I must say I don’t know how Grace does it. I would need (as she suggests) an antacid to read this particular Islam Questions and Answers site but I would also want at least a set of hip waders and to be frank I would prefer a full hazmat suit. Here is a Muslim religious councilor advising that it is better for a young girl to risk death at her families hands than cause them dishonor by running away. Isn’t it also odd that Muslims are always claiming that so called ‘Honor killings’ are a tribal thing and not part of Islam at all but yet its constantly referred to as an aspect of the religion.

Thanks Grace.
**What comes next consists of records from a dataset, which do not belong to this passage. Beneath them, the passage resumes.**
ghost use Rattle.std.specs.Prelude.{◌≡◌, ◌≢◌, ◌<◌, pos, true, IfErr, IfOk, MatchResult, ◌∷◌, [], ℕ, IsTrue, List, length, map, false, slice_index};
ghost use Rattle.std.specs.List.{AllPairs, Contains};
ghost use Rattle.linear_dict.specs.Indexes.{IsStartedIndex, name_of};
ghost use Rattle.linear_system.specs.Choices.{IsChoice};
ghost use Rattle.fraction_theory.specs.Fraction.{whole};
ghost use Rattle.linear_dict.specs.Causes.{AddShare, IsPairOf, IsPairWith, IsRefused, OnPassed, PivotShare};
ghost use Rattle.linear_dict.specs.Dictionaries.{AddsColumn, AddsRow, IsDictionary, IsStart, choice_of, note_of, pivoted, system_in, with_note};
ghost use Rattle.linear_dict.specs.Notes.{noted};
ghost use Rattle.linear_dict.specs.Places.{StandsAt};
ghost use Rattle.linear_dict.specs.ReducedPrices.{HasReducedPrices};
ghost use Rattle.linear_dict.specs.Tables.{cell};

use crate::adding::{AddStop, append, make_room, make_room_for_name, row_entries};
use crate::changes::{Change, make_room_for_changes};
use crate::column::{make_room_for_column, widen_table};
use crate::index::{Variable, add_variable, rank};
use crate::note::{Note, blank_note};
use crate::place::Place;
use crate::table::pivot_table;
use exact_fraction::{Exact, Passed};
use plain_list::Memory;
use std::alloc::Global;
use std::marker::Model;

/// A dictionary over variables named by distinct numbers.
#[derive(Drop)]
pub struct Dict<N: Exact> {
    columns: Vec<u32>,
    rows: Vec<u32>,
    coefficients: Vec<N>,
    others: Vec<u32>,
    basics: Vec<u32>,
    table: Vec<N>,
    /// The names of the variables, for a search of little memory.
    names: Vec<u32>,
    variables: Vec<Variable<N>>,
    spent: bool,
    /// Where a pivot lists the columns that it changes: there is room for each.
    changes: Vec<Change<N>>,
    /// Whether a column was ever added, without which a pivot finds hardly two alike.
    is_widened: bool,
    /// Whether it is known that the reduced prices that are noted are those of the table.
    is_priced: bool,
}

impl<N: Exact> Model for Dict<N> {
    ghost use Rattle.std.specs.Prelude.{◌≡◌, ◌≤◌, IsTrue, length, map};
    ghost use Rattle.std.specs.Vec.{vec_capacity};
    ghost use Rattle.linear_dict.specs.Dictionaries.{Dictionary, IsDictionary, dictionary_code, seen};
    ghost use Rattle.linear_dict.specs.Indexes.{IsIndex, name_of};
    ghost use Rattle.linear_dict.specs.ReducedPrices.{HasReducedPrices};

    ghost Value = { Dictionary };

    ghost coded = { dictionary_code };

    ghost view = { λ d. seen N.value d.columns.items d.rows.items d.coefficients.items d.others.items d.basics.items d.table.items
        d.variables.items d.spent };

    ghost invariant = { λ d. IsIndex d.variables.items d.basics.items d.others.items d.rows.items d.columns.items
        × IsDictionary (seen N.value d.columns.items d.rows.items d.coefficients.items d.others.items d.basics.items
        d.table.items d.variables.items d.spent)
        × (d.names.items ≡ map name_of d.variables.items)
        × (length d.others.items ≤ vec_capacity d.changes)
        × (IsTrue d.is_priced → HasReducedPrices (seen N.value d.columns.items d.rows.items d.coefficients.items d.others.items
        d.basics.items d.table.items d.variables.items d.spent)) };
}

/// A copy of the items.
fn copied<T: Copy>(alloc: Global, items: &[T]) -> Result<Vec<T>, Memory>
    ensures { IfOk result (λ copy. copy.items ≡ items.now) }
{
    match Vec::from_slice(alloc, items) {
        Ok(copy) => Ok(copy),
        Err(_) => Err(Memory),
    }
}

/// The index of a row and of columns as put in, with blank notes: all names, and the variables.
fn started<N: Exact>(
    alloc: Global,
    columns: &[u32],
    row: u32,
) -> Result<(Vec<u32>, Vec<Variable<N>>), Memory>
    requires distinct { AllPairs (λ x y. x ≢ y) columns.now }
    requires absent { ¬ (Contains columns.now row) }
    ensures index { IfOk result (λ index. IsStartedIndex N.value index.1.items row columns.now) }
    ensures named { IfOk result (λ index. index.0.items ≡ map name_of index.1.items) }
{
    let note = blank_note();
    let mut names = Vec::new(alloc);
    let mut variables = Vec::new(alloc);
    let place = Place::Row(0);
    add_variable(
        &mut names,
        &mut variables,
        Variable {
            name: row,
            place,
            put: place,
            note,
        },
    )?;
    for c in 0..columns.len() {
        let place = Place::Column(c);
        add_variable(
            &mut names,
            &mut variables,
            Variable {
                name: columns[c],
                place,
                put: place,
                note,
            },
        )?;
    }
    Ok((names, variables))
}
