//! What the limits of rows earn.

ghost use Rattle.std.specs.Prelude.{◌≡◌, ◌⊎◌, ◌+◌, ◌<◌, length, map, IfOk, IfErr};
ghost use Rattle.fraction_theory.specs.Sums.{total};
ghost use Rattle.market_model.specs.LimitRows.{IsCauseOf};
ghost use Rattle.market_model.specs.NamedSums.{IsRefusedIn};
ghost use Rattle.market_model.specs.Optimality.{IsOneSided};
ghost use Rattle.market_model.specs.Overrun.{excess_by};
ghost use Rattle.market_model.specs.RightAnswers.{rent_by};
ghost use Rattle.market_model.specs.Settlement.{earned_terms, lower_terms, priced_flow, rent_terms_by, upper_terms};
ghost use Rattle.market_model.specs.SumTables.{IsRefusedAmong, PaidRowSum, PickupSum};
ghost use Rattle.market_model.specs.Valued.{dual_at, passed_at, rent_at};
ghost use Rattle.limit_screen.specs.Flows.{carried_at};

use exact_fraction::{Exact, Passed, Sign, exact_difference, exact_sum, size};
use limit_rows::{limit_at, row_flow, row_offset};
use limit_screen::{beyond, carried_flows};
use market_model::{Dual, Market, Rent, Row, datum};
use std::cmp::Ordering;

/// By how much a flow exceeds the limit of a row; 0 where it does not.
pub fn excess<N: Exact>(market: &Market, row: Row, flow: N) -> Result<N, Passed<N>>
    requires { row.line < length market.now.lines }
    ensures excess { IfOk result (λ excess. N.value excess ≡ excess_by market.now row (N.value flow)) }
    ensures fits { IfErr result (λ passed. ⊥) }
{
    match beyond(flow, datum(limit_at(market, row)))? {
        Some(over) => Ok(over),
        None => Ok(datum(0)),
    }
}

/// The MW for which the prices of a row are paid: its limit, or the size of its flow where that is greater. Nothing is added up for
/// it, so nothing is refused.
fn priced_flow<N: Exact>(market: &Market, row: Row, flow: N) -> N
    requires { row.line < length market.now.lines }
    ensures { N.value result ≡ priced_flow market.now row (N.value flow) }
{
    let limit: N = datum(limit_at(market, row));
    let size = size(flow);
    match size.order(limit) {
        Ordering::Greater => size,
        Ordering::Less | Ordering::Equal => limit,
    }
}

/// What a limit earns with the one of its two prices that is not 0: on the upper side for so many MW less the fixed offset of the
/// flow, on the lower side for the two together.
fn earned<N: Exact>(dual: &Dual<N>, priced: N, offset: N) -> Result<N, Passed<N>>
    requires { IsOneSided (dual_at N.value dual.now) }
    ensures rent { IfOk result (λ rent. N.value rent ≡ total (earned_terms (N.value dual.now.up) (N.value dual.now.down) (N.value priced) (N.value offset))) }
    ensures stops { IfErr result (λ passed. IsRefusedIn (upper_terms (N.value priced) (N.value offset)) N.bound (passed_at N.value passed)
        ⊎ IsRefusedIn (lower_terms (N.value priced) (N.value offset)) N.bound (passed_at N.value passed)
        ⊎ IsRefusedIn (earned_terms (N.value dual.now.up) (N.value dual.now.down) (N.value priced) (N.value offset)) N.bound (passed_at N.value passed)) }
{
    match dual.down.sign() {
        Sign::Zero => {
            let room = exact_difference(priced, offset)?;
            dual.up.times(room)
        }
        Sign::Below | Sign::Above => {
            let room = exact_sum(priced, offset)?;
            dual.down.times(room)
        }
    }
}

/// The flow of a row, of flows by bus, by line and by outage of a unit, by how much it exceeds the limit, and what that earns at the prices of a dual.
pub fn row_rent<N: Exact>(
    market: &Market,
    row: Row,
    dual: &Dual<N>,
    flows: &[N],
) -> Result<Rent<N>, Passed<N>>
    requires line { row.line < length market.now.lines }
    requires lost { IsCauseOf market.now row.cause }
    requires one_sided { IsOneSided (dual_at N.value dual.now) }
    requires flows { length flows.now ≡ length market.now.buses + length market.now.lines + length market.now.unit_outages }
    ensures rent { IfOk result (λ rent. rent_at N.value rent ≡ rent_by market.now (carried_at market.now (map N.value flows.now)) (dual_at N.value dual.now) row) }
    ensures stops { let carried = carried_at market.now (map N.value flows.now) in IfErr result (λ passed. IsRefusedAmong (PaidRowSum market.now carried row) N.bound (passed_at N.value passed)
        ⊎ IsRefusedIn (rent_terms_by market.now carried row (N.value dual.now.up) (N.value dual.now.down)) N.bound (passed_at N.value passed)
        ⊎ IsRefusedAmong (PickupSum market.now row) N.bound (passed_at N.value passed)) }
{
    let flow = row_flow(market, carried_flows(market, flows), row)?;
    let over = excess(market, row, flow)?;
    let offset = row_offset(market, row)?;
    let rent = earned(dual, priced_flow(market, row, flow), offset)?;
    Ok(Rent {
        row: dual.row,
        flow,
        over,
        rent,
    })
}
Maybe some readers of Vlad will help pay for the anti emetics you must need after reading this site.

From Islam Q&A

She wants to run away from her father who hits her
I would be grateful if u answer my problem.my 16 year old female cousin lives currently in the us with her parents & older brother.as due to the country’s law no one can hurt her,but her family is planning to go to their homeland for a visit & she is sure that her father will hit her & her mother,as he did before,or marry her of without her consent.her father’s side of the family will do nothing & her brother joins in hitting her.i or my family can do nothing to stop this.she is so sure that they will abuse her that she plans to runaway prior to their departure,live with a female friend & never return.i told her that this is against our relegion but she wiling to take the risk of living on the street than being alone with her father.if i tell my family she will never trust me.only u can tell me what a muslim girl is to do.please reply before its to late.
Praise be to Allaah.

It is not permissible for your cousin to run away from her family and live with another family, because that involves disobeying her parents and upsetting them and damaging their reputation. Moreover her living with a strange family will pose a great danger to her and her religious commitment.

No matter how badly she is treated by her family, that cannot compare with what she is planning to do. No woman follows this course but she goes astray and loses her religious commitment. That is the punishment for disobeying her parents that comes in this world, before the Hereafter. The Prophet (peace and blessings of Allaah be upon him) said: “Two things for which the punishment is hastened in this world: injustice and disobedience to parents.” Narrated by al-Haakim and classed as saheeh by al-Albaani in Saheeh al-Jaami’, no. 2810.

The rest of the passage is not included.